Given any fraction $\frac{s}{t}=\frac{s}{\Pi_pp^{i_p}}$ with $s,t$ relatively prime, I would like to know if it is possible to write $\frac{s}{\Pi_pp^{i_p}}=\sum_p\frac{s_p}{p^{i_p}}$ for some unique integers $s_p$.
It seems like this is a simple algebraic fact, but I'm not totally sure how to prove it, especially the uniqueness part. The furthest that I've gotten is that for all nonzero $i_p$ we must have $s_p$ nonzero, because otherwise $s$ would be divisible by that $p$, contradicting that $t$ and $s$ are relatively prime.
I guess an equivalent question would be to ask for solutions to some finite equation $\sum_i a_ix_i=a$ where $\text{gcd}(a,\{a_i\})=1$.

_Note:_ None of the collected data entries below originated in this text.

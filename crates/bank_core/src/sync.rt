//! Synchronisation: a client gets what it has missed of an object, and its deeds on the object are done (OFX 1.6,
//! "Data Synchronization").

ghost use Rattle.std.specs.Prelude.{◌≡◌, ◌<◌, ◌++◌, Some, true, length, map, IfOk, OnOk};
ghost use Rattle.std.specs.List.{AllByRecursion, flat_map};
ghost use Rattle.std.specs.Fmt.{decimal};
ghost use Rattle.ofx_types.specs.SyncForm as forms;
ghost use Rattle.ofx_types.specs.declared.request.Ask.TheVariants as asks;
ghost use Rattle.bank_model.specs.Sync as rules;
ghost use Rattle.bank_model.specs.Sync.{sync_on, sync_answer, deed_answers};
ghost use Rattle.bank_model.specs.Rules.{named_by, named_by_pair};
ghost use Rattle.bank_model.specs.Sound.{IsSoundDeed, IsSoundSync};
ghost use Rattle.bank_accounts.specs.HeldAccounts.{AreHeld};
ghost use Rattle.bank_ledger.specs.DraftView.{drafted, IsSameFile};

use bank_deeds::answer_deed;
use bank_ledger::Draft;
use bank_model::codes::{ACCOUNT_NOT_FOUND, REJECTED_WITHOUT_TOKEN, TOKEN_OUT_OF_DATE};
use bank_queries::{is_lost, newest, number_text, replies_of_history, token_of};
use ofx_types::{
    AcctId, Deed, DeedReply, Duplicate, ObjectId, OutOfMemory, Sequence, SyncAsk, SyncKind,
    SyncReply, TrnUid,
};
use std::alloc::Global;

/// Answers a synchronisation, and adds what its deeds do.
///
/// The history, and whether synchronisation is lost or the deeds are refused, are judged on the state before the deeds.
#[tactic(auto, unfolding(bank_model::specs::Sync::sync_answer))]
pub(crate) fn sync(
    draft: &mut Draft<'_>,
    alloc: Global,
    ask: &SyncAsk,
) -> Result<SyncReply, OutOfMemory>
    requires known { draft.old.user.0 < length draft.old.setup.users }
    requires ask { IsSoundSync ask.now }
    requires named { AreHeld draft.old.held (named_by draft.old.setup (asks.Sync ask.now)) }
    ensures reply { IfOk result (λ reply. reply ≡ (sync_answer draft.old.setup (drafted draft.old)
        draft.old.user draft.old.at ask.now).reply) }
    ensures after { OnOk result (drafted draft.new ≡ (sync_answer draft.old.setup
        (drafted draft.old) draft.old.user draft.old.at ask.now).after) }
    ensures file { OnOk result (IsSameFile draft.old draft.new) }
{
    match draft.setup().object(draft.user(), &ask.object) {
        Some(object) => sync_object(draft, alloc, ask, object),
        None => stranger_reply(alloc, ask),
    }
}

/// Answers a synchronisation of an object of the user's.
#[tactic(auto, unfolding(bank_model::specs::Sync::sync_on))]
fn sync_object(
    draft: &mut Draft<'_>,
    alloc: Global,
    ask: &SyncAsk,
    object: ObjectId,
) -> Result<SyncReply, OutOfMemory>
    requires known { draft.old.user.0 < length draft.old.setup.users }
    requires ask { IsSoundSync ask.now }
    requires named { AreHeld draft.old.held (named_by draft.old.setup (asks.Sync ask.now)) }
    ensures reply { IfOk result (λ reply. reply ≡ (sync_on draft.old.setup (drafted draft.old)
        draft.old.user draft.old.at ask.now (Some object)).reply) }
    ensures after { OnOk result (drafted draft.new ≡ (sync_on draft.old.setup
        (drafted draft.old) draft.old.user draft.old.at ask.now (Some object)).after) }
    ensures file { OnOk result (IsSameFile draft.old draft.new) }
{
    let lost = is_lost(draft, object, &ask.kind);
    let reported = replies_of_history(draft, alloc, object, ask)?;
    let before = newest(draft, object);
    let code = rejection(ask.reject, before, &ask.kind);
    let replies = deeds_or_rejection(draft, alloc, ask, code, reported)?;
    let after = newest(draft, object);
    let token = number_text(alloc, after)?;
    let name = ask.object.copy()?;
    Ok(SyncReply {
        object: name,
        token,
        lost,
        replies: Sequence::from_vec(replies),
    })
}

/// Answers the deeds of a synchronisation after what is reported of the history: each by itself, or all with one code.
#[tactic(auto, unfolding(bank_model::specs::Sync::deeds_or_rejection))]
fn deeds_or_rejection(
    draft: &mut Draft<'_>,
    alloc: Global,
    ask: &SyncAsk,
    code: Option<u16>,
    reported: Vec<DeedReply>,
) -> Result<Vec<DeedReply>, OutOfMemory>
    requires known { draft.old.user.0 < length draft.old.setup.users }
    requires ask { IsSoundSync ask.now }
    requires named { AreHeld draft.old.held (named_by draft.old.setup (asks.Sync ask.now)) }
    ensures replies { IfOk result (λ replies. replies.items ≡ reported.items ++ (rules.deeds_or_rejection draft.old.setup
        (drafted draft.old) draft.old.user draft.old.at ask.now code).replies) }
    ensures after { OnOk result (drafted draft.new ≡ (rules.deeds_or_rejection draft.old.setup
        (drafted draft.old) draft.old.user draft.old.at ask.now code).after) }
    ensures file { OnOk result (IsSameFile draft.old draft.new) }
{
    match code {
        Some(code) => refused_after(reported, ask, code),
        None => {
            let user = draft.user();
            let only = draft.setup().account_about(user, &ask.object);
            answer_deeds(draft, alloc, only, ask.deeds.items(), reported)
        }
    }
}

/// Answers deeds in their order after other replies, and adds what they do.
fn answer_deeds(
    draft: &mut Draft<'_>,
    alloc: Global,
    only: Option<AcctId>,
    deeds: &[(TrnUid, Deed)],
    reported: Vec<DeedReply>,
) -> Result<Vec<DeedReply>, OutOfMemory>
    requires known { draft.old.user.0 < length draft.old.setup.users }
    requires deeds { AllByRecursion (λ deed. IsSoundDeed deed.1) deeds.now }
    requires named { AreHeld draft.old.held (flat_map (named_by_pair draft.old.setup) deeds.now) }
    ensures replies { IfOk result (λ replies. replies.items ≡ reported.items ++ (deed_answers draft.old.setup
        (drafted draft.old) draft.old.user only draft.old.at deeds.now).replies) }
    ensures after { OnOk result (drafted draft.new ≡ (deed_answers draft.old.setup
        (drafted draft.old) draft.old.user only draft.old.at deeds.now).after) }
    ensures file { OnOk result (IsSameFile draft.old draft.new) }
{
    let mut replies = reported;
    for deed in deeds {
        let reply = answer_deed(draft, alloc, only, &deed.0, &deed.1)?;
        replies.push(reply)?;
    }
    Ok(replies)
}

/// The answer to a user whose account it isn't.
#[tactic(auto, unfolding(bank_model::specs::Sync::sync_on))]
fn stranger_reply(alloc: Global, ask: &SyncAsk) -> Result<SyncReply, OutOfMemory>
    ensures { IfOk result (λ reply. reply ≡ record {
      object = ask.now.object;
      token = decimal 0;
      lost = true;
      replies = map (rules.refused_with (forms.object_family ask.now.object) 2003) ask.now.deeds;
    }) }
{
    let replies = refused_after(Vec::new(alloc), ask, ACCOUNT_NOT_FOUND)?;
    Ok(SyncReply {
        object: ask.object.copy()?,
        token: number_text(alloc, 0)?,
        lost: true,
        replies: Sequence::from_vec(replies),
    })
}

/// The same refusal of each deed of a synchronisation, after other replies.
fn refused_after(
    reported: Vec<DeedReply>,
    ask: &SyncAsk,
    code: u16,
) -> Result<Vec<DeedReply>, OutOfMemory>
    ensures { IfOk result (λ replies. replies.items ≡ reported.items
        ++ map (rules.refused_with (forms.object_family ask.now.object) code) ask.now.deeds) }
{
    let family = ask.object.family();
    let mut replies = reported;
    for deed in ask.deeds.items() {
        let trnuid = deed.0.copy()?;
        replies.push(DeedReply {
            trnuid,
            family,
            code,
            change: None,
        })?;
    }
    Ok(replies)
}

/// The code with which all deeds are refused, where the client wants them done only if it has missed nothing.
fn rejection(reject: bool, newest: u64, kind: &SyncKind) -> Option<u16>
    ensures { result ≡ rules.rejection reject newest kind.now }
{
    if !reject {
        return None;
    }
    unless_newest(newest, kind)
}

fn unless_newest(newest: u64, kind: &SyncKind) -> Option<u16>
    ensures { result ≡ rules.unless_newest newest kind.now }
{
    match kind {
        SyncKind::After(text) => {
            if is_newest(newest, token_of(text)) {
                return None;
            }
            Some(TOKEN_OUT_OF_DATE)
        }
        SyncKind::TokenOnly => Some(REJECTED_WITHOUT_TOKEN),
        SyncKind::Refresh => Some(REJECTED_WITHOUT_TOKEN),
    }
}

fn is_newest(newest: u64, token: Option<u64>) -> bool
    ensures { result ≡ rules.is_newest newest token }
{
    match token {
        Some(token) => token == newest,
        None => false,
    }
}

No, this is not true. We can consider the simple case where $t=pq$ where $p,q$ are distinct primes, and $s=1$. Here, we choose $s_p, s_q$ to satisfy $ps_q + qs_p=1$, and such $s_p, s_q$ exist per Bezout's identity. Then observe that
$$\frac{s_p}{p} + \frac{s_q}{q} = \frac{qs_p + ps_q}{pq} = \frac{1}{pq} = \frac{s}{t}$$
In general, numerous $s_q, s_p$ can be found which satisfy $ps_q + qs_p=1$. For instance, take $s_p'=s_p-pk$, $s_q' = s_q+qk$ where $k$ is an arbitrary integer, so that $ps_q' + qs_p' = p(s_q+qk) + q(s_p-pk)=ps_q + qs_p = 1$.